A luz se acendeu e ouvi uma porta ranger.
“Puccini, que diabo?” A voz de Henderson soava alterada.
“O que você teve?” Puccini disse.
“Mas o que você está fazendo aqui.”
“Allen queria tirar as teias de aranhas de seu velho tanque, quer dizer, carro.”
Por agora eu estava na esquina. A rua inteira podia ver Puccini agitar seus braços.
“Vocês também ficaram infectados?” Henderson parecia confuso.
Entrei na casa e acendi a lâmpada. “De jeito nenhum”, eu disse. “Nós não estamos aqui porque a Dr.ª nos disse para ir onde o sol não brilhasse. É nós te encontramos”.
Uma pedrinha bateu na lâmpada e fez barulho.
“Que diabo—“
“Você tem uma mulher aí dentro?” Exclamei. “Jesus, ela não está com medo que você vá”
“Você é o mesmo no mundo aqui fora, né Allen?” Henderson me interrompeu impaciente. “Eu pensava que você era um escroto lá na pesquisa porque você precisava, mas não.”
“Não há como falar sobre esse tipo de doença”, eu disse, dando um passo.
“Mas que inferno. Todos vocês saíram fora?” Henderson arregalava os olhos se esforçando para enxergar no escuro. Dentro da janela vi um movimento na casa. Longo cabelo loiro. Uma pedra soou na parte de madeira.
“Continue jogando pedras!” Henderson gritou irritado.
“E aí, Henderson, quem já chegou aí?”
“Ohh”, provoquei eu, “então isso quer dizer que você não tem nenhuma mulher lá por nossa causa?”
“Vocês garotos devem voltar para o parque de diversões”, Henderson falou bem alto para que todos escutássemos.
“Você está nos mandando embora antes de nos deixar entrar?” Essa foi do Puccini.
“Vocês vêem aqui jogar pedras! Podem voltar para trás.”
“Mas Charlie, estamos contaminados”. O sr. Lee ficou de pé perto da lâmpada, agora com as mãos vazias.
Henderson se virou para ir embora. “Então fica assim”, resmungou ele.

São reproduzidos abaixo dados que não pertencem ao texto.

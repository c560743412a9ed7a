//! The command that runs a design on a machine of the rig, whatever is wrong with it.
//!
//! Promised (`go`): it does its job to every end (`does`), and the job is lawful: right files lead to status 0, lack of memory or
//! a failure, and on a small machine no room on the list that stands written to status 3 (`lawful`). What it has done, at every
//! end and at status 0: `Promises`. What is said there of faults is said of each set that explains all that was read of the
//! machine. Where there are parts enough for the design under one such set, there is room.
#![tactic(auto)]

mod command;
mod design;

pub use command::go;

“Ei, eu peço desculpas”, eu disse.
A porta bateu.
“Desculpe!”
Na janela da sala pudemos vê-lo voltar para a cozinha. Todas as portas vibravam uns cinco segundos após sua passagem.
Eu olhei para Puccini e ele: “Que inferno, que diabo”.
“Vamos chamá-lo de novo”, insisti, “não vamos deixar a coisa ficar assim”.
“Esquece”, interveio Puccini. “Vamos embora”.
“Desse jeito?”
“Tem alguém aí com ele”.
“Jesus, que inferno!”
As portas do carro fechando foram como quatro tiros prolongados. Todos ficamos diante da casa, constrangidos. Não girei a chave, fiquei congelado lá também. A luz na janela de Henderson simplesmente existia.
“Vamos para onde, agora?”
Silêncio.
Guterman falou arranhando a garganta. “Você pensa que vão nos deixar entrar?”
Eu podia ver Dr.ª Gordon parecendo ainda mais dona da razão. Gemi.
“Por que não?” Puccini disse. “Nós estamos infectados como sempre. Alguns de nós.”
Nós ficamos lá por mais um minuto, se tanto.
“Okay”, falei, quebrando o gelo. “Mas eu espero que seja a última vez.” Eu girei a chave. Quando eu estava de novo na estrada do parque, sr. Lee começou a cantar com uma voz de cantor de cabaré: “Oh, estou feliz que não sou respirador de placebo. Não preciso de pílulas de açúcar. Sim, estou feliz que não sou um respirador, serei sempre um ser infecto!”
“O que é que temos aqui?” Comentou em voz alta o sr. Lee, enquanto liguei a seta. “A canção dos perdedores?”, indagou. “Não, não se trata disso”, repliquei. Para as pessoas que já trintaram e nunca mais contaram, a gente precisa amenizar algumas coisas.